## Task goal
Please reproduce the data below exactly, from the first line through the line containing "ends the run", and leave every later line out.

## The records
=== Section Start ===

//! What no contract says: the texts are those of the encoding, and calls succeed where there is
//! memory.
use crate::messages::{EXAMPLES, MESSAGES, READ, Row};
use kmip_encodings::{
    enumeration_name, enumeration_number, from_json, tag_named, tag_word, to_json,
};
use kmip_wire::{Tag, read_tree, write_tree};
use std::alloc::Global;
use std::process::Abort;
use std::str;

/// The item of these bytes in hex is written as this JSON. Here and below each function ends the run
/// where something is wrong, so that no test has a way out at which it drops the values that it holds.
fn is_written(rt: &impl Abort, alloc: Global, row: &Row) {
    let bytes = hex::decode(alloc, row.hex).expect(rt, "hex");
    let (tree, _) = read_tree(alloc, &bytes).expect(rt, "an item");
    let mut text = Vec::new(alloc);
    to_json(alloc, &tree, &mut text).expect(rt, "memory");
    drop(tree);
    assert_eq!(rt; str::from_utf8(&text), Ok(row.json));
}

/// This JSON is read as the item of these bytes in hex.
pub(crate) fn is_read(rt: &impl Abort, alloc: Global, json: &str, digits: &str) {
    let tree = from_json(alloc, json).expect(rt, json);
    let bytes = write_tree(alloc, &tree).expect(rt, json);
    drop(tree);
    let found = hex::encode_upper(alloc, bytes.as_slice()).expect(rt, "memory");
    assert_eq!(rt; found.as_str(), digits, "{json}");
}

#[test]
fn items_are_written(rt: HostRuntime) {
    for rows in [EXAMPLES, MESSAGES] {
        for row in rows {
            is_written(&rt, rt.alloc(), row);
        }
    }
}

#[test]
fn items_are_read(rt: HostRuntime) {
    for rows in [EXAMPLES, MESSAGES, READ] {
        for row in rows {
            is_read(&rt, rt.alloc(), row.json, row.hex);
        }
    }
}

/// Tags with their words.
const TAGS: &[(u32, &str)] = &[
    (0x420001, "ActivationDate"),
    (0x42003D, "IVCounterNonce"),
    (0x420091, "TemplateAttribute"),
    (0x4200B5, "X_509CertificateIdentifier"),
    (0x4200FB, "PKCS_12FriendlyName"),
    (0x420124, "ReplaceExisting"),
];

fn tag_of(rt: &impl Abort, number: u32) -> Tag {
    Tag::new(number).expect(rt, "a tag")
}

#[test]
fn tags_are_found_both_ways(rt: HostRuntime) {
    for (number, word) in TAGS {
        let tag = tag_of(&rt, *number);
        assert_eq!(rt; tag_word(tag), Some(*word));
        assert!(rt; tag_named(word) == Some(tag), "{word}");
    }
    assert_eq!(rt; tag_word(Tag::of(0x420125)), None);
    assert!(rt; tag_named("Activation Date").is_none());
}

/// Enumerations by their tags, with the names of their numbers.
const NAMES: &[(u32, u32, &str)] = &[
    (0x42005C, 1, "Create"),
    (0x42005C, 0x29, "JoinSplitKey"),
    (0x42007E, 0x100, "GeneralFailure"),
    (0x42004B, 0x107, "ReplacedObjectLink"),
    (0x42007F, 0, "Success"),
    (0x42009E, 5, "TR_31"),
    (0x420028, 2, "DES3"),
    (0x420075, 0x44, "BRAINPOOLP512T1"),
    (0x42005C, 0x1D, "ReKeyKeyPair"),
    (0x4200C7, 3, "SAMLAssertion"),
];

/// Names that are read, and not written.
const OTHER_NAMES: &[(u32, u32, &str)] = &[
    (0x42005C, 4, "Rekey"),
    (0x420028, 2, "TRIPLE_DES"),
    (0x420042, 16, "TransparentECHDPrivateKey"),
];

#[test]
fn names_are_found_both_ways(rt: HostRuntime) {
    for (tag, number, name) in NAMES {
        let tag = tag_of(&rt, *tag);
        assert_eq!(rt; enumeration_name(tag, *number), Some(*name));
        assert_eq!(rt; enumeration_number(tag, name), Some(*number));
    }
    for (tag, number, name) in OTHER_NAMES {
        let tag = tag_of(&rt, *tag);
        assert_eq!(rt; enumeration_number(tag, name), Some(*number));
        assert!(rt; enumeration_name(tag, *number) != Some(*name), "{name}");
    }
    assert_eq!(rt; enumeration_name(Tag::of(0x42005C), 0), None);
    assert_eq!(rt; enumeration_name(Tag::of(0x42000B), 1), None);
    assert_eq!(rt; enumeration_number(Tag::of(0x42005C), "Success"), None);
}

=== Section End ===

## Your response
//! What no contract says: the texts are those of the encoding, and calls succeed where there is
//! memory.
use crate::messages::{EXAMPLES, MESSAGES, READ, Row};
use kmip_encodings::{
    enumeration_name, enumeration_number, from_json, tag_named, tag_word, to_json,
};
use kmip_wire::{Tag, read_tree, write_tree};
use std::alloc::Global;
use std::process::Abort;
use std::str;

/// The item of these bytes in hex is written as this JSON. Here and below each function ends the run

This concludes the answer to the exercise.